- [Try it]
Consider the listing below. Extract exactly the lines from the line containing "pub enum ShowFault" to the line containing "fn push_item(lines: &mut", both included.
Supplied information: Begin
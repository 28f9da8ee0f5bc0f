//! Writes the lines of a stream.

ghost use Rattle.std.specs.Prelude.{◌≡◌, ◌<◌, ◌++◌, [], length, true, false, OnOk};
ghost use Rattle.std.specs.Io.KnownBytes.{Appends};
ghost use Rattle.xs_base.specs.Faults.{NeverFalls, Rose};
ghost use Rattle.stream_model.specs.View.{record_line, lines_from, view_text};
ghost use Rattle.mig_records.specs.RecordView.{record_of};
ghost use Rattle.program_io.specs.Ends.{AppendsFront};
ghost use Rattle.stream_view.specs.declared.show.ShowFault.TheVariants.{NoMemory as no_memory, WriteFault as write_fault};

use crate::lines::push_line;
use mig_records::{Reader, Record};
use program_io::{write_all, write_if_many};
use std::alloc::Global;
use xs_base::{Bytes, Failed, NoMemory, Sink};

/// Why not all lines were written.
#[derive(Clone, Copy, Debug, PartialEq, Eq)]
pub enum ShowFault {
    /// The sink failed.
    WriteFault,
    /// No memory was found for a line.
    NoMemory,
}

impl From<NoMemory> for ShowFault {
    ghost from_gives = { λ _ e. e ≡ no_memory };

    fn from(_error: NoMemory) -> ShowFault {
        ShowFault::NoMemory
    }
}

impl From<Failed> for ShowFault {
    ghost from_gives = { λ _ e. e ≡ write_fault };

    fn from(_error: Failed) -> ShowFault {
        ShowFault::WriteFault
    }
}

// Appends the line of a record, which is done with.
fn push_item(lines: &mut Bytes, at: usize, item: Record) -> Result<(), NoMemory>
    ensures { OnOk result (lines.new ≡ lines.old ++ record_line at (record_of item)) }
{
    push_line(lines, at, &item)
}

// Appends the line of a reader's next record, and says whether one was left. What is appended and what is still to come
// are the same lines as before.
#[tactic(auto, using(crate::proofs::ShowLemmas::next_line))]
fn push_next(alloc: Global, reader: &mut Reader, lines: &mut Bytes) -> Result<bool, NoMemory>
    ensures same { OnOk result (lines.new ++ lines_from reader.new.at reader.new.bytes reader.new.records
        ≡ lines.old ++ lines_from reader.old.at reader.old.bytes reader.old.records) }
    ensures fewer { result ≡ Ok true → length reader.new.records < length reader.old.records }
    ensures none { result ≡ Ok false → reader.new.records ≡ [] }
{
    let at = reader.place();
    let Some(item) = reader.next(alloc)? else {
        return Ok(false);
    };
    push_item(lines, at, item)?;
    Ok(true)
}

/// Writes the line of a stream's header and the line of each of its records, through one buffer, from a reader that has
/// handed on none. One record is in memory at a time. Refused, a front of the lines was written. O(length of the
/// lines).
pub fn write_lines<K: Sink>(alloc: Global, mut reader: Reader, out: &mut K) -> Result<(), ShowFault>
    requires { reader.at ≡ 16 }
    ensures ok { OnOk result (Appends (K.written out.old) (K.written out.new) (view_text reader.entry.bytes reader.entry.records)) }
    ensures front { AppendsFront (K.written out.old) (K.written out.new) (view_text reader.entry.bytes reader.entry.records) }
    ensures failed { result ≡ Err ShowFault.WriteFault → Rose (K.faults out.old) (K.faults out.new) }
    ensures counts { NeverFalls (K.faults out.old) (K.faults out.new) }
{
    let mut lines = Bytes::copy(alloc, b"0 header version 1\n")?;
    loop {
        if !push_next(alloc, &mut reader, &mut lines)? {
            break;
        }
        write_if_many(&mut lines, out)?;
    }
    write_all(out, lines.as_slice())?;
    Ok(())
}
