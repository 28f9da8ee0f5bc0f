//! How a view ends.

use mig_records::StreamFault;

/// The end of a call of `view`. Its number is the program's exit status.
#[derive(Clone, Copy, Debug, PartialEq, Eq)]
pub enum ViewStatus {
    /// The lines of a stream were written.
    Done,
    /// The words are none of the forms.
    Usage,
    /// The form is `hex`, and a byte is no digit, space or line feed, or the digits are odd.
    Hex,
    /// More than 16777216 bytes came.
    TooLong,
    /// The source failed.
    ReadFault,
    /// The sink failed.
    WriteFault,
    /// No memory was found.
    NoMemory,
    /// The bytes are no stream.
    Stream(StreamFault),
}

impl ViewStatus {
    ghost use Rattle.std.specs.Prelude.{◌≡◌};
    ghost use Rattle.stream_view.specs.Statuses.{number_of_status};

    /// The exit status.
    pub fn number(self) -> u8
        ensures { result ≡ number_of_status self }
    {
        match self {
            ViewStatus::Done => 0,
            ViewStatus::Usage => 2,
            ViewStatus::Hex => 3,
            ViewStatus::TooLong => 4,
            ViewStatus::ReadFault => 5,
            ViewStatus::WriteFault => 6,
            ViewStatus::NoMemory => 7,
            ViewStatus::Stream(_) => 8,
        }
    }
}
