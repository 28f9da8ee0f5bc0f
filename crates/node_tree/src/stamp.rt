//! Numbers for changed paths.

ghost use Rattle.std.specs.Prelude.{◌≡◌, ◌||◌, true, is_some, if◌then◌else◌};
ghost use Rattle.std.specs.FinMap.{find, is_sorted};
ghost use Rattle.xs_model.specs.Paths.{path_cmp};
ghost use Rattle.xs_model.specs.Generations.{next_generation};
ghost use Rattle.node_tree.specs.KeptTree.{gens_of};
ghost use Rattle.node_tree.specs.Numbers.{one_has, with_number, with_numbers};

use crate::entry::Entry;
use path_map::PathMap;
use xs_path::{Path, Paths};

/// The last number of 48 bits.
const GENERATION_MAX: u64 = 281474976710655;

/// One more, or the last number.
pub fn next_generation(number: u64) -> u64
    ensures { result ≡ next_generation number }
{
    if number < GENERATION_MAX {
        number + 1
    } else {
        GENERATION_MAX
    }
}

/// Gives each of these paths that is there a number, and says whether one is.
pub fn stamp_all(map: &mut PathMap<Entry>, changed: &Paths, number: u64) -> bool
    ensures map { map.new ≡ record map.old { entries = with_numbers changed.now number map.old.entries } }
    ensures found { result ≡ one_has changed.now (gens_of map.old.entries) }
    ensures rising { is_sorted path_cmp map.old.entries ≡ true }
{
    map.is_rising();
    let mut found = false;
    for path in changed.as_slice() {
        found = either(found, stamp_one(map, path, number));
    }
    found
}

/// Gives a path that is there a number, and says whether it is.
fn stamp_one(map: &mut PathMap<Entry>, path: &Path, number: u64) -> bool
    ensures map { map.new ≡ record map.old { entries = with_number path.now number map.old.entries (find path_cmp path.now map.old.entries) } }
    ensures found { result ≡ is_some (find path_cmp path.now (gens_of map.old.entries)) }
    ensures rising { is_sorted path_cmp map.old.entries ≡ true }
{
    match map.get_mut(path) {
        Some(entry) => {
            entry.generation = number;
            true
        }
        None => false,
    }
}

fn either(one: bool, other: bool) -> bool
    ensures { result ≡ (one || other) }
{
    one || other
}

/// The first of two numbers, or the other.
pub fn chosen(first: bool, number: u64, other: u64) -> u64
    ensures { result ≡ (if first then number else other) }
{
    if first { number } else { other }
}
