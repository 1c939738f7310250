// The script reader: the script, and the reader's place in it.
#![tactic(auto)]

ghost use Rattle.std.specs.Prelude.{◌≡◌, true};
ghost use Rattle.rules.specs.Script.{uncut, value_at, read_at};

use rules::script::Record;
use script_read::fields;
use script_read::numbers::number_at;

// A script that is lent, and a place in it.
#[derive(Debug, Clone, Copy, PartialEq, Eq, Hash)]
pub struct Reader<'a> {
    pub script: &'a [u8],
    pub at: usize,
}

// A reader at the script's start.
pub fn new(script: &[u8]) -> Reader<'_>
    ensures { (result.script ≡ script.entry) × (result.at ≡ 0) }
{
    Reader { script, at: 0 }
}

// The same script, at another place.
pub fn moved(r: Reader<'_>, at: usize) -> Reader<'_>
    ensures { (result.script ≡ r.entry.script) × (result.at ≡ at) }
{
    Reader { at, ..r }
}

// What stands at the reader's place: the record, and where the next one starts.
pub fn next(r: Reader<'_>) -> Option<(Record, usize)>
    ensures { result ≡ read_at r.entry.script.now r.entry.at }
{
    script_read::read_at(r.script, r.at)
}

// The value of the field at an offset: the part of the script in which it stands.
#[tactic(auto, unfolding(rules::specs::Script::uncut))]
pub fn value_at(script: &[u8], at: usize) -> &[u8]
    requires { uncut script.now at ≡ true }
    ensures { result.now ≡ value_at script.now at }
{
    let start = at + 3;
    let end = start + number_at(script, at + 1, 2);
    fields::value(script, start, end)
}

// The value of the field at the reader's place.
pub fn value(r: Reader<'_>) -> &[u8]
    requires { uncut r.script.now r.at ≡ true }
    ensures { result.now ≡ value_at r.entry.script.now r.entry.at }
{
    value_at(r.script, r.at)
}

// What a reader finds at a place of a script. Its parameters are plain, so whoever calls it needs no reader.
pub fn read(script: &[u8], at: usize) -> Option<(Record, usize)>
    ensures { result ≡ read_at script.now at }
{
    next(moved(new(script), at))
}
Supplied information: End
- [Solution for this problem]
pub enum ShowFault {
    /// The sink failed.
    WriteFault,
    /// No memory was found for a line.
    NoMemory,
}

impl From<NoMemory> for ShowFault {
    ghost from_gives = { λ _ e. e ≡ no_memory };

    fn from(_error: NoMemory) -> ShowFault {
        ShowFault::NoMemory
    }
}

impl From<Failed> for ShowFault {
    ghost from_gives = { λ _ e. e ≡ write_fault };

    fn from(_error: Failed) -> ShowFault {
        ShowFault::WriteFault
    }
}

// Appends the line of a record, which is done with.
fn push_item(lines: &mut Bytes, at: usize, item: Record) -> Result<(), NoMemory>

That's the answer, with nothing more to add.